= To do =
In the records that come next, find every line with "ChannelOrder". Return those lines.

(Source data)
__________

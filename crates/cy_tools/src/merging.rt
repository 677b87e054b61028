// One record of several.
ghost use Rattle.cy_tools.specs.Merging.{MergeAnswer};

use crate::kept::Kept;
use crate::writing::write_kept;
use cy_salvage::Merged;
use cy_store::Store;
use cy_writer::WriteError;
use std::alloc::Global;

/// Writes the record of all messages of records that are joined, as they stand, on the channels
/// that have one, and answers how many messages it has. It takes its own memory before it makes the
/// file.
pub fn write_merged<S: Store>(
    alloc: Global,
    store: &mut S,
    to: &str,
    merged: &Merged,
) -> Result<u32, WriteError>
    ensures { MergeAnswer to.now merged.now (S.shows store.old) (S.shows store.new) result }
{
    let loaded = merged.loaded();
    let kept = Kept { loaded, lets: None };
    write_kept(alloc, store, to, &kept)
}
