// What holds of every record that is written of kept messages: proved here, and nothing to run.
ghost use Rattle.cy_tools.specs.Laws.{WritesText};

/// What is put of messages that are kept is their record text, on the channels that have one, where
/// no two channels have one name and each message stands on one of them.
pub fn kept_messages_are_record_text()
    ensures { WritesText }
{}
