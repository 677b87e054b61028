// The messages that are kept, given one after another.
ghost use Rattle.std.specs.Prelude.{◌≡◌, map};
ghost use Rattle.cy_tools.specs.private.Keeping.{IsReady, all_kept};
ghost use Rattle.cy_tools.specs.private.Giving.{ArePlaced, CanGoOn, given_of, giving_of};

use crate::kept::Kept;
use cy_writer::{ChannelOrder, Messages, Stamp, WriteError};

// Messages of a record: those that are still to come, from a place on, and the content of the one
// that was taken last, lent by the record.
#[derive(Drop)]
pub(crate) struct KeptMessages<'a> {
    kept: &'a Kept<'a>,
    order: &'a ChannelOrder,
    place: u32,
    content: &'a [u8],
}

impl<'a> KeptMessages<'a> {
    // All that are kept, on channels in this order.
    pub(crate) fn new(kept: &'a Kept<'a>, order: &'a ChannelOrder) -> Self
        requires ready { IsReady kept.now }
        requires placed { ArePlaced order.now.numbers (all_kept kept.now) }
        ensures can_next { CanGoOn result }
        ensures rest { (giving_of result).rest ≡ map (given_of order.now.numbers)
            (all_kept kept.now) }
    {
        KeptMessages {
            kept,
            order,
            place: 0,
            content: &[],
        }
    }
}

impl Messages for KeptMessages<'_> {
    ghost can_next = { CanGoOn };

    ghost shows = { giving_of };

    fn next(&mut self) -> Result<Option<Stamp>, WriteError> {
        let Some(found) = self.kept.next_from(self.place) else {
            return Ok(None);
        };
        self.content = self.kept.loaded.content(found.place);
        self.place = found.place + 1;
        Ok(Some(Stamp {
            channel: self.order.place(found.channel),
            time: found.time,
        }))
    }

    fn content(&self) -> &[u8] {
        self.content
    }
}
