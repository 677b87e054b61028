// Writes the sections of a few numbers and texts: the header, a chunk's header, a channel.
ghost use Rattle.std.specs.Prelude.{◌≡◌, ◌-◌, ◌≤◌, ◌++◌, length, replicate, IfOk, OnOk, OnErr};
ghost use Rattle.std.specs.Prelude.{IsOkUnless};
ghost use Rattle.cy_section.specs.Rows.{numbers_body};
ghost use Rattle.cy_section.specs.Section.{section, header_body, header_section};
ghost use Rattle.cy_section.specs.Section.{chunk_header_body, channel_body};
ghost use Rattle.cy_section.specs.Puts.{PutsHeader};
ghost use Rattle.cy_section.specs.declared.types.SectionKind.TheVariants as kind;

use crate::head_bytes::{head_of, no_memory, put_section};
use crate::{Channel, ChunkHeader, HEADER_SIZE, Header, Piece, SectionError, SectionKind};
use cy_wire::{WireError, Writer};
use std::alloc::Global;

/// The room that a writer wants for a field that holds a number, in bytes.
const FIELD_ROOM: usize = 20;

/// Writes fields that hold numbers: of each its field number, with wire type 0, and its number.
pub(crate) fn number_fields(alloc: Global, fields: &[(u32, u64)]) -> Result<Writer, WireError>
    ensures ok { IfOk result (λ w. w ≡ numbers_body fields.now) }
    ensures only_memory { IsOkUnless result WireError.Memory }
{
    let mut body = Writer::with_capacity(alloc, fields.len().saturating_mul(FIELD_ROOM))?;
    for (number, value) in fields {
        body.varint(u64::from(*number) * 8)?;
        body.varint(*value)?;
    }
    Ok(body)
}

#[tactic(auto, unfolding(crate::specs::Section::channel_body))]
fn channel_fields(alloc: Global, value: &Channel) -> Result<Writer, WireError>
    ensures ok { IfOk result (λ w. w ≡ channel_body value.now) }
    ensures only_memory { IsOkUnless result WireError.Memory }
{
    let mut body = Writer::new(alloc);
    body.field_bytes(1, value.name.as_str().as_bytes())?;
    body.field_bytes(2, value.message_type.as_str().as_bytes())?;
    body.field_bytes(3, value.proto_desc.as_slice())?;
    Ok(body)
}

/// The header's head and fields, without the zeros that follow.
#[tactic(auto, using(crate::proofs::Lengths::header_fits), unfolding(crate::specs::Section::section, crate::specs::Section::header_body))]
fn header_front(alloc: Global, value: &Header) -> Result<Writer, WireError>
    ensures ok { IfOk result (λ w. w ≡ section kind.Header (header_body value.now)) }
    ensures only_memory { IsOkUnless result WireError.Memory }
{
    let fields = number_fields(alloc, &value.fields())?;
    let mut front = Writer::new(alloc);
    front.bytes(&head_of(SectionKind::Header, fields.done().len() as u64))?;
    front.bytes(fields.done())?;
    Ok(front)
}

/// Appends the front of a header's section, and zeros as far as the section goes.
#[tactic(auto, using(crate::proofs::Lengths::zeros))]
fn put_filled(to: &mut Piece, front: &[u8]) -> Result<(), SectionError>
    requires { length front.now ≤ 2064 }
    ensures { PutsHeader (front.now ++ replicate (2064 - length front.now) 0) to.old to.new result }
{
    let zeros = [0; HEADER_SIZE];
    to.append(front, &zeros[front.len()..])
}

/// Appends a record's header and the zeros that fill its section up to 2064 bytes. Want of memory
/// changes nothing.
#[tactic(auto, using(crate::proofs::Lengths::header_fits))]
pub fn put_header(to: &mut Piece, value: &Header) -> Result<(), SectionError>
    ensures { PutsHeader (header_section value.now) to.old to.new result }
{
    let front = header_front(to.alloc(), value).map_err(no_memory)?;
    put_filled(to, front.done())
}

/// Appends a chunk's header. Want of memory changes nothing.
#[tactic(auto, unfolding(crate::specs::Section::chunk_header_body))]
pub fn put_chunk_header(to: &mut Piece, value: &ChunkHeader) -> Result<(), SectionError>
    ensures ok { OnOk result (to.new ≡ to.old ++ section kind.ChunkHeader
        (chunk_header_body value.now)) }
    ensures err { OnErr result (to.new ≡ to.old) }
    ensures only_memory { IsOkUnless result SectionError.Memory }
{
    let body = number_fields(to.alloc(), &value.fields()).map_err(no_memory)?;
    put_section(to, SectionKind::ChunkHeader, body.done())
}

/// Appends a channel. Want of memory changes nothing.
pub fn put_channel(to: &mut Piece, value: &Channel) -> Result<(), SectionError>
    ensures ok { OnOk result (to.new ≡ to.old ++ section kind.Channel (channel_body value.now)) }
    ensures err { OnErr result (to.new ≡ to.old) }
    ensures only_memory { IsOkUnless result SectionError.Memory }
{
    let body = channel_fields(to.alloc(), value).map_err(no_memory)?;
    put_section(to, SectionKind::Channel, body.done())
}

__________

= Answer =
use cy_writer::{ChannelOrder, Messages, Stamp, WriteError};
    order: &'a ChannelOrder,
    pub(crate) fn new(kept: &'a Kept<'a>, order: &'a ChannelOrder) -> Self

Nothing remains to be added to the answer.